Software RAID will work a lot better then any kind of rsync setup. It is really a pretty simple setup, they create a virtual device for the disk /dev/mdx usually. There is linking done so that when you write to the md device it actually writes to all disks in the device (for mirroring... it does other things for more complex raid modes). The code is actually pretty straight forward and easy to understand. I've run linux software raid for about 2 years now and I haven't had a problem yet. It also uses the usual kupdated routine to write to disk so if you do have a disk die you can rest assured that the 2nd disk is going to be an exact replica of the first.
What do you mean by "scan"? Does it actually check to see if the file system is clean and run fsck? Does it actually mount the disk?

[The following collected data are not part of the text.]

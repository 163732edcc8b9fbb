// Plans of whole runs: the settings converted to the working grid, as the source's thermal_plan and fluvial_plan do.
#![tactic(auto)]

ghost use Rattle.std.specs.Prelude.{◌≡◌, ◌≤◌, max};
ghost use Rattle.run_machine.specs.Plan.{scale_of, k_of, threshold_of, passes_of, slides_of, land_of, fluvial_plan};
ghost use Rattle.run_machine.specs.Plan.{thermal_params};

use drainage::{Land, square_land};
use floats::{ceil, to_count};
use fluvial_erosion::FluvialParams;
use grid::{Sides, longest};
use run_settings::{FluvialSettings, ThermalSettings};
use thermal_erosion::ThermalParams;

// The longest side of the map that settings refer to.
const REFERENCE_RES: f32 = 512.0;

// k, the factor of the incision coefficient, of strength 1 on that map.
const STRENGTH_MAX: f32 = 8.0;

// The threshold of talus 0 on that map.
const TALUS_MAX: f32 = 0.03;

// The talus strength of fluvial runs.
const TALUS_STRENGTH: f32 = 0.5;

// Returns k, the factor of the incision coefficient: 8 × strength × scale.
fn incision_k(strength: f32, scale: f32) -> f32
    ensures { result ≡ k_of strength scale }
{
    STRENGTH_MAX * strength * scale
}

// The height difference above which a neighbour receives material.
fn threshold(talus: f32, scale: f32) -> f32
    ensures { result ≡ threshold_of talus scale }
{
    let steep = 1.0 - talus;
    TALUS_MAX * (steep * steep) / scale
}

// The working grid of a run, with sides of at most 4,096.
#[derive(Clone, Copy)]
pub struct Working {
    pub sides: Sides,
    pub ghost wide: { sides.w ≤ 4096 },
    pub ghost high: { sides.h ≤ 4096 },
}

impl Working {
    pub fn on(sides: Sides) -> Working
        requires w_bound { sides.w ≤ 4096 }
        requires h_bound { sides.h ≤ 4096 }
        ensures { result.sides ≡ sides }
    {
        Working { sides }
    }

    // Working cells per cell of a reference map: the longest working side / 512.
    fn scale(self) -> f32
        ensures { result ≡ scale_of self.sides.w self.sides.h }
    {
        longest(self.sides) as f32 / REFERENCE_RES
    }

    // Returns the number of talus passes for so many iterations of a reference map: ceil(iterations × scale), at least
    // 1. A fluvial run makes those of one iteration after each incision.
    pub fn passes(self, iterations: u32) -> usize
        requires { iterations ≤ 4096 }
        ensures { result ≡ passes_of iterations (scale_of self.sides.w self.sides.h) }
    {
        to_count(ceil(iterations as f32 * self.scale()))
    }

    // Returns the parameters of talus passes.
    fn slides(self, talus: f32, strength: f32, water: f32) -> ThermalParams
        ensures { result ≡ slides_of self.sides.w self.sides.h talus strength water }
    {
        ThermalParams {
            threshold: threshold(talus, self.scale()),
            strength,
            water_level: water,
        }
    }

    // Returns the parameters of each pass of a thermal run.
    pub fn thermal_plan(self, conf: ThermalSettings) -> ThermalParams
        ensures { result ≡ thermal_params self.sides.w self.sides.h conf }
    {
        self.slides(conf.talus, conf.strength, conf.water_level)
    }

    // Returns the parameters of each incision of a fluvial run.
    pub fn fluvial_plan(self, conf: FluvialSettings) -> FluvialParams
        ensures { result ≡ (fluvial_plan self.sides.w self.sides.h conf).cuts }
    {
        FluvialParams {
            k: incision_k(conf.strength, self.scale()),
            uplift: conf.uplift,
            water_level: conf.water_level,
        }
    }

    // Returns the parameters of each talus pass after an incision: strength 0.5, so that half of the greatest excess
    // moves.
    pub fn talus_plan(self, conf: FluvialSettings) -> ThermalParams
        ensures { result ≡ (fluvial_plan self.sides.w self.sides.h conf).slides }
    {
        self.slides(conf.talus, TALUS_STRENGTH, conf.water_level)
    }
}

// The iterations of a fluvial run: 0 counts as 1.
pub fn fluvial_iterations(conf: FluvialSettings) -> usize
    ensures { result ≡ max conf.iterations 1 }
{
    conf.iterations.max(1) as usize
}

// The land of a fluvial run.
pub fn fluvial_land(conf: FluvialSettings) -> Land
    ensures { result ≡ land_of conf }
{
    square_land(conf.water_level)
}
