ghost use Rattle.trace_text.specs.Laws.{RecordIsOneLine, PrintedIsTrace, TextIsOneTrace, TraceHasNoBadLine, TextHasOneBadLine};

/// What is printed of a record that has a line is one line, with byte 10 at its end alone (this project).
pub fn record_is_one_line()
    ensures { RecordIsOneLine }
{}

/// What is printed of records that have lines is a trace of these (this project).
pub fn printed_is_trace()
    ensures { PrintedIsTrace }
{}

/// A text is the trace of one list of records at most, so that a printed list is read as itself and as no other (this
/// project).
pub fn text_is_one_trace()
    ensures { TextIsOneTrace }
{}

/// A trace has no first bad line, so that each is read where memory suffices (this project).
pub fn trace_has_no_bad_line()
    ensures { TraceHasNoBadLine }
{}

/// A text has one first bad line at most (this project).
pub fn text_has_one_bad_line()
    ensures { TextHasOneBadLine }
{}
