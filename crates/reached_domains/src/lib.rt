//! Laws of what the kernels of each reached cluster ask and tell of domains (Welch and Ousterhout 1986).
#![tactic(auto)]

mod laws;

pub use laws::{
    answers_are_owners, answers_tell_domains, broadcasts_ask_so, learned_are_domains,
    one_server_answers, redirects_are_domains, rows_are_domains, servers_answers_fit,
    servers_serve_theirs,
};
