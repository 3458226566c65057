ghost use Rattle.std.specs.Prelude.{◌≡◌, IfOk};
ghost use Rattle.history_text.specs.Calls.{call_format, reply_format};
ghost use Rattle.history_text.specs.Entries.{entry, told_shape};

use crate::field::TraceField;
use field_reader::{FieldEnd, Reader};
use history_text::{Field, put_told, read_entry};
use process_machine::{Call, Reply};
use sprite_ids::NoMemory;
use std::alloc::Global;
use unix_calls::Entry;

impl TraceField for Call {
    ghost format = { call_format };

    fn put_field(&self, alloc: Global, out: &mut Vec<u8>) -> Result<(), NoMemory> {
        self.put(alloc, out)
    }

    fn read_field(alloc: Global, from: &mut Reader) -> Result<Call, FieldEnd> {
        Call::read_from(alloc, from)
    }
}

impl TraceField for Reply {
    ghost format = { reply_format };

    fn put_field(&self, alloc: Global, out: &mut Vec<u8>) -> Result<(), NoMemory> {
        self.put(alloc, out)
    }

    fn read_field(alloc: Global, from: &mut Reader) -> Result<Reply, FieldEnd> {
        Reply::read_from(alloc, from)
    }
}

/// An entry is printed as in a history, without byte 10. Where its parts don't belong together, nothing stands behind its
/// number and a space, and such a print isn't read.
impl TraceField for Entry {
    ghost format = { entry };

    fn put_field(&self, alloc: Global, out: &mut Vec<u8>) -> Result<(), NoMemory> {
        (self.pid, self.number).put(alloc, out)?;
        out.push(b' ')?;
        let told = told(alloc, self)?;
        Ok(out.extend_from_slice(told.as_slice())?)
    }

    fn read_field(alloc: Global, from: &mut Reader) -> Result<Entry, FieldEnd> {
        read_entry(alloc, from)
    }
}

// What an entry tells beside its process and its number; nothing where its parts don't belong together.
#[tactic(auto, using(crate::proofs::ToldLaws::tells_nothing))]
fn told(alloc: Global, entry: &Entry) -> Result<Vec<u8>, NoMemory>
    ensures { IfOk result (λ told. told.items ≡ (told_shape entry.now.part entry.now.call entry.now.reply).printed) }
{
    let mut told = Vec::new(alloc);
    match put_told(alloc, &mut told, entry.part, &entry.call, &entry.reply) {
        Ok(()) => Ok(told),
        Err(FieldEnd::NotSpelled) => Ok(Vec::new(alloc)),
        Err(FieldEnd::NoMemory) => Err(NoMemory),
    }
}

If the disk is in the system and plugged in the kernel will recognize it (unless you disable the IDE controller in the bios). It will show the device, and the partition layout.
Something like this:
Code:
hde: attached ide-disk driver.
hde: host protected area => 1
hde: 234441648 sectors (120034 MB) w/8192KiB Cache, CHS=14593/255/63, UDMA(100)
Partition check:
/dev/ide/host2/bus0/target0/lun0: p1 p2 p3 p4
If you have the file system in /etc/fstab linked to a mount point then it is going to get mounted at book. If the file system dirty bit is set then it is likely your init scripts will automatically run fsck on the file system.
You could put the noauto flag in your fstab, which would mean it wouldn't mount the disk automatically on boot. If you have intelligent init scripts it should also not bother checking the disk.